Stored data entries -
------------------------------------------------------------
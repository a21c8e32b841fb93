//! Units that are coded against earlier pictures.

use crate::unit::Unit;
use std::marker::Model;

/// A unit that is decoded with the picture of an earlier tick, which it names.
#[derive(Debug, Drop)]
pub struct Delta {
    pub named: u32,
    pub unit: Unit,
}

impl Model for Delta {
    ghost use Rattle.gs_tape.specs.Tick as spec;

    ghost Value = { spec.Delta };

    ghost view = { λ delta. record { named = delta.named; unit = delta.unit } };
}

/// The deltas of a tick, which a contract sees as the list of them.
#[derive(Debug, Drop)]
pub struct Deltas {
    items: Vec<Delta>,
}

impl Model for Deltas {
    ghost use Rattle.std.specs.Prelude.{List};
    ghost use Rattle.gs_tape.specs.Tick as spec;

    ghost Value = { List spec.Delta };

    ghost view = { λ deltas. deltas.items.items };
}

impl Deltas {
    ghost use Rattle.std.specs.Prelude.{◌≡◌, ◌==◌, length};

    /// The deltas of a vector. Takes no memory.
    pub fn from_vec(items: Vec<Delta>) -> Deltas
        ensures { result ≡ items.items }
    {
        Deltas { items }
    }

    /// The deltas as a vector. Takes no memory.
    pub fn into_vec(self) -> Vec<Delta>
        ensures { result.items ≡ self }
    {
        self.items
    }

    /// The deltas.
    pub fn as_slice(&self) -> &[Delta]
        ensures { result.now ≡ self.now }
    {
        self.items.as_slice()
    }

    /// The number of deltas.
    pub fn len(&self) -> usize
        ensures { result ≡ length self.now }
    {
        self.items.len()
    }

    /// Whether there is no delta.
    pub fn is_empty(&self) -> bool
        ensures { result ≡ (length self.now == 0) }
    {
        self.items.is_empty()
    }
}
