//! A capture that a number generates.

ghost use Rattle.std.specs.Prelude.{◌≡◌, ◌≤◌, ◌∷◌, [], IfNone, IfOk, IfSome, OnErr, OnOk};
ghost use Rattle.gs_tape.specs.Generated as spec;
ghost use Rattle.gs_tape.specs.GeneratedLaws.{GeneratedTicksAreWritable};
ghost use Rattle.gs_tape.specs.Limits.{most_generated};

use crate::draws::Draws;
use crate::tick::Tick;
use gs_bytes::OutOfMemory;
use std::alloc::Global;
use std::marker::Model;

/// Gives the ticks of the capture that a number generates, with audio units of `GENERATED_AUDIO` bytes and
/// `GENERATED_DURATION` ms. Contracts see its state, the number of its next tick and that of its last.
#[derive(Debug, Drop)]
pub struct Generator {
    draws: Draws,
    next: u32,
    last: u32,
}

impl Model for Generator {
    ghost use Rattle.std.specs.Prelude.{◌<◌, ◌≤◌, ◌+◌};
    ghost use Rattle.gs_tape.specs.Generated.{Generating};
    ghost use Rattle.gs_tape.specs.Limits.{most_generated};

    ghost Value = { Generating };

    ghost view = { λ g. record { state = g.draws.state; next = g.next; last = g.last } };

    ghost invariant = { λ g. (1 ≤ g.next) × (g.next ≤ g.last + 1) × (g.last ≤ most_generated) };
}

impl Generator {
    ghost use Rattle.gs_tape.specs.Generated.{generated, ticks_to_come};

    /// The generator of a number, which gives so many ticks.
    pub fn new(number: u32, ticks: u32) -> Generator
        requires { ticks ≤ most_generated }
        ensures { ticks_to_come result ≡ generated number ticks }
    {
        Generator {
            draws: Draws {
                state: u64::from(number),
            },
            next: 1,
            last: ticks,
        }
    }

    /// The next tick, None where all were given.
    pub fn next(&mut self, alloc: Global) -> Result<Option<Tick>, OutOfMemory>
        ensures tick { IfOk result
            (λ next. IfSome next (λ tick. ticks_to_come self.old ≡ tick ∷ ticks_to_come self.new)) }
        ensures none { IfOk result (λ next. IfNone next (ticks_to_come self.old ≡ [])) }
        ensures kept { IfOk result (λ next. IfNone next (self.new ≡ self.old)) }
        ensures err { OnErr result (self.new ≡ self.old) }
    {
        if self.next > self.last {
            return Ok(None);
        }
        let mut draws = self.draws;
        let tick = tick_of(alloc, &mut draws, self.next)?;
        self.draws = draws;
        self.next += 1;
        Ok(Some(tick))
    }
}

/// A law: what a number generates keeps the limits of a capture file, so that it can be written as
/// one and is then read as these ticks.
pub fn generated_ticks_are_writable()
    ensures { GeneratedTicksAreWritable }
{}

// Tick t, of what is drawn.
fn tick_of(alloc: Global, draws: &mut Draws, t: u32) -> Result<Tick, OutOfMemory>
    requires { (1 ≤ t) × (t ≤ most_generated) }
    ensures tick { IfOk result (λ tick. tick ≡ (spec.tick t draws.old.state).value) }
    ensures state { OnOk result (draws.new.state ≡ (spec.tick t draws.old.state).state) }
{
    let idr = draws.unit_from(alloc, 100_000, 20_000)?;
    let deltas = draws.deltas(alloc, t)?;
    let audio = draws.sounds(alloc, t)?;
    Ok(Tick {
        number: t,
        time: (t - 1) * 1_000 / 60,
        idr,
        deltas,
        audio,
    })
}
------------------------------------------------------------
INSTRUCTIONS TO FOLLOW - The answer should be all lines from the entries above that hold the word "what".

EXERCISE OUTPUT -
/// A law: what a number generates keeps the limits of a capture file, so that it can be written as
// Tick t, of what is drawn.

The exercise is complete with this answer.